Edit.........I always have that kind of work done at the local glass company. They are much better then the dealer on power windows.


----------



## KatieJ (Oct 29, 2007)

Thanks, Red  Will give that a try this weekend.


----------



## jaggerwild (May 21, 2007)

KatieJ said:


> I've got a 2000 Jeep Cherokee Sport (4.0L, 6 cyl). I bought it used but have loved and cared for it. A few months ago, the front passenger window stopped working. I knew it was electrical because the driver's side window switch also would not work, and there hadn't been any "dying" sounds of the power window's motor.
> 
> I didn't want to deal with the hassle -- I'm handy and have some good help, but electrics can get messy -- and I'm usually the only one in the car anyhow.

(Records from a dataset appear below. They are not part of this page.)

ghost use Rattle.std.specs.Prelude.{◌≡◌, ◌+◌, ◌≤◌, ◌⊎◌, length, IfOk, MatchOption};
ghost use Rattle.std.specs.Io.KnownBytes.{Consumes, IsAtEnd};
ghost use Rattle.p9_outside.specs.Contents.{Stay};
ghost use Rattle.p9_run.specs.CountedCalls.{CountsText};
ghost use Rattle.p9_run.specs.FileText.{IsAccepted, IsRefused, IsReadFrom};

use crate::copy_text::{CopyPaths, read_text};
use crate::report::FileFault;
use p9_outside::{Failed, Files, FilesFault, Source};
use p9_word::limits::{BLOCK_BYTES, MOST_TEXT_BYTES};
use p9_word::{NoMemory, Room};
use std::alloc::Global;

/// How many bytes of a text are read at a time.
const PIECE: usize = BLOCK_BYTES as usize;

/// Why the text of FILE can't be had.
#[derive(Clone, Copy, Debug, PartialEq, Eq)]
pub(crate) enum TextFault {
    /// Memory was wanted.
    Memory,
    /// FILE couldn't be opened.
    Open,
    /// A read of FILE failed.
    Read,
}

impl From<NoMemory> for TextFault {
    ghost use Rattle.p9_run.specs.declared.file_text.TextFault.TheVariants.{Memory};

    ghost from_gives = { λ _ fault. fault ≡ Memory };

    fn from(_wanted: NoMemory) -> TextFault {
        TextFault::Memory
    }
}

/// The bytes of a source, to its end or to one byte past the longest text.
fn read_whole<S: Source>(alloc: Global, source: &mut S) -> Result<Room<u8>, TextFault>
    ensures most { IfOk result (λ r. length r.items ≤ MOST_TEXT_BYTES + 1) }
    ensures bytes { IfOk result (λ r. Consumes (S.left source.old) (S.left source.new) r.items) }
    ensures ends { IfOk result (λ r. (length r.items ≡ MOST_TEXT_BYTES + 1) ⊎ IsAtEnd (S.left source.new)) }
    ensures opened { result ≡ Err TextFault.Open → ⊥ }
{
    let mut text = Room::new(alloc);
    let mut buf = [0; PIECE];
    let mut len = 0;
    while len <= MOST_TEXT_BYTES {
        let want = PIECE.min(MOST_TEXT_BYTES + 1 - len);
        match source.read(&mut buf[..want]) {
            Ok(0) => return Ok(text),
            Ok(count) => {
                text.reserve(count)?;
                text.push_all(&buf[..count]);
                len += count;
            }
            Err(Failed) => return Err(TextFault::Read),
        }
    }
    Ok(text)
}

/// The text of FILE, to its end or to one byte past the longest text.
pub(crate) fn read_file<F: Files>(
    alloc: Global,
    files: &mut F,
    file: &[u8],
) -> Result<Room<u8>, TextFault>
    ensures text { IfOk result (λ r. IsReadFrom (F.contents files.old) file.now r.items) }
    ensures contents { Stay (F.contents files.old) (F.contents files.new) }
    ensures counts { CountsText result (F.faults files.old) (F.faults files.new) }
{
    let mut source = match files.source(alloc, file) {
        Ok(source) => source,
        Err(FilesFault::Failed) => return Err(TextFault::Open),
        Err(FilesFault::Memory) => return Err(TextFault::Memory),
    };
    let text = read_whole(alloc, &mut source)?;
    Ok(text)
}

/// The paths of a text that is run, or `None` where it is another text.
pub(crate) fn accept(alloc: Global, text: &[u8]) -> Result<Option<CopyPaths>, NoMemory>
    ensures { IfOk result (λ paths. MatchOption paths (IsRefused text.now) (λ p. IsAccepted text.now p.from p.to)) }
{
    if text.len() > MOST_TEXT_BYTES {
        return Ok(None);
    }
    read_text(alloc, text)
}
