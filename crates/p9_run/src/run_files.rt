ghost use Rattle.std.specs.Prelude.{◌≡◌, [], OnOk};
ghost use Rattle.p9_run.specs.Directions.{in_of, out_of};
ghost use Rattle.p9_run.specs.Moves.{RunsOnFiles, MovesOver};
ghost use Rattle.p9_outside.specs.Promised.{source_tells, sink_tells};
ghost use Rattle.p9_word.specs.Setup.{IsValid};
ghost use Rattle.p9_laws.specs.RunReplies.{reply_at};
ghost use Rattle.p9_run.specs.Over.{AllOver};

use crate::bodies::Bodies;
use crate::engine::Engine;
use crate::rounds::run_rounds;
use p9_outside::laws::{files_run, no_bytes_move_nothing};
use p9_outside::{FileDevice, ReadDevice, Sink, Source, WriteDevice};
use p9_word::{NoMemory, Programs};
use std::alloc::Global;
use std::sync::Wait;

/// The two files after a run, and whether memory was wanted.
#[derive(Drop)]
pub(crate) struct Ran<S, K> {
    /// `Ok` where the run came to its end.
    pub(crate) outcome: Result<(), NoMemory>,
    /// The file that was read.
    pub(crate) source: S,
    /// The file that was written.
    pub(crate) sink: K,
}

fn in_of<S: Drop, K: Drop>(device: Option<FileDevice<S, K>>) -> Option<ReadDevice<S>>
    ensures { result ≡ in_of device }
{
    match device {
        Some(FileDevice::In(reader)) => Some(reader),
        _ => None,
    }
}

fn out_of<S: Drop, K: Drop>(device: Option<FileDevice<S, K>>) -> Option<WriteDevice<K>>
    ensures { result ≡ out_of device }
{
    match device {
        Some(FileDevice::Out(writer)) => Some(writer),
        _ => None,
    }
}

/// Runs the programs over file 1, which is read from `source`, and file 2, which is written to `sink`, in
/// `procs` procs.
///
/// Where memory is wanted the run stops short of its end, and what the history says holds of it too.
pub(crate) fn run_files<R: Wait, E: Engine, P: Programs, S: Source + Drop, K: Sink + Drop>(
    rt: &R,
    alloc: Global,
    engine: &mut E,
    programs: &P,
    procs: u32,
    source: S,
    sink: K,
) -> Ran<S, K>
    requires start { E.entries engine.old ≡ [] }
    requires valid { IsValid (E.setup engine.old) }
    requires programs { P.programs programs.now ≡ (E.setup engine.old).programs }
    ensures setup { E.setup engine.new ≡ E.setup engine.old }
    ensures all_over { OnOk result.outcome (AllOver procs (reply_at (E.setup engine.new) (E.entries engine.new))) }
    ensures history { RunsOnFiles (P.asks programs.now) (E.entries engine.new) }
    ensures moves { MovesOver (source_tells S.left S.faults S.steady) (sink_tells K.held K.faults K.firm)
        (E.entries engine.new) source result.source sink result.sink }
{
    files_run::<S, K>();
    no_bytes_move_nothing();
    let mut devices = match Vec::with_capacity(alloc, 2) {
        Ok(devices) => devices,
        Err(_) => {
            return Ran {
                outcome: Err(NoMemory),
                source,
                sink,
            };
        }
    };
    devices.push_reserved(FileDevice::In(ReadDevice::new(source)));
    devices.push_reserved(FileDevice::Out(WriteDevice::new(sink)));
    let mut bodies = Bodies::new(alloc);
    let outcome = run_rounds(
        rt,
        engine,
        programs,
        &mut bodies,
        devices.as_mut_slice(),
        procs,
    );
    let Some(writer) = out_of(devices.pop()) else {
        unreachable!()
    };
    let Some(reader) = in_of(devices.pop()) else {
        unreachable!()
    };
    Ran {
        outcome,
        source: reader.into_inner(),
        sink: writer.into_inner(),
    }
}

I had a passenger in the car this Saturday and after months of not working, the window functioned...for a second. Needless to say, my unwitting passenger put the window down but as soon as I said to put it up (hoping to get it closed before the wiring had shifted again), it was too late.
> 
> ...



Simply he put a ground on a wire that has alternating current and as soon as he went the opposite direction with the switch it blew. Doesn't say much for him needless to say..........
Usually it's just a switch to fix this, as here in NY state a lot of water(snow/rain) gets on the switches from opening nd closing too.


----------